**MATERIAL FOR THIS EXERCISE:**
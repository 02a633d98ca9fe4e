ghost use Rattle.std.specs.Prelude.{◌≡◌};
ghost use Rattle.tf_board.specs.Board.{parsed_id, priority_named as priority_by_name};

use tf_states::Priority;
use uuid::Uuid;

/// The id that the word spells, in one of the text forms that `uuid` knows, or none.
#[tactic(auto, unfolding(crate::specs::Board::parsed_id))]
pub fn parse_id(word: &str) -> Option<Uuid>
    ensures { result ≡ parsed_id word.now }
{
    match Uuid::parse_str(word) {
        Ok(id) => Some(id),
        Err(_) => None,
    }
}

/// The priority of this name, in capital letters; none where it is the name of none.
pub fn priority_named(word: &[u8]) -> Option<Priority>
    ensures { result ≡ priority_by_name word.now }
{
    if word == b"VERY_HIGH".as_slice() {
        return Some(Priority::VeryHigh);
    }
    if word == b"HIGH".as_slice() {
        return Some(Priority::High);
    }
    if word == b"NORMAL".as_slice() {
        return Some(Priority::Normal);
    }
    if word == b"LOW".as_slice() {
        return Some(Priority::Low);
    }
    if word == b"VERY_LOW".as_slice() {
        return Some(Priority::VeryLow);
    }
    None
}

**YOUR ASSIGNMENT:**
The answer should be an exact copy of the data.

**RESPONSE AREA:**
repository 02a633d98ca9fe4e
ghost use Rattle.std.specs.Prelude.{◌≡◌};
ghost use Rattle.tf_board.specs.Board.{parsed_id, priority_named as priority_by_name};

use tf_states::Priority;
use uuid::Uuid;

/// The id that the word spells, in one of the text forms that `uuid` knows, or none.
#[tactic(auto, unfolding(crate::specs::Board::parsed_id))]
pub fn parse_id(word: &str) -> Option<Uuid>
    ensures { result ≡ parsed_id word.now }
{
    match Uuid::parse_str(word) {
        Ok(id) => Some(id),
        Err(_) => None,
    }
}

/// The priority of this name, in capital letters; none where it is the name of none.
pub fn priority_named(word: &[u8]) -> Option<Priority>
    ensures { result ≡ priority_by_name word.now }
{
    if word == b"VERY_HIGH".as_slice() {
        return Some(Priority::VeryHigh);
    }
    if word == b"HIGH".as_slice() {
        return Some(Priority::High);
    }
    if word == b"NORMAL".as_slice() {
        return Some(Priority::Normal);
    }
    if word == b"LOW".as_slice() {
        return Some(Priority::Low);
    }
    if word == b"VERY_LOW".as_slice() {
        return Some(Priority::VeryLow);
    }
    None
}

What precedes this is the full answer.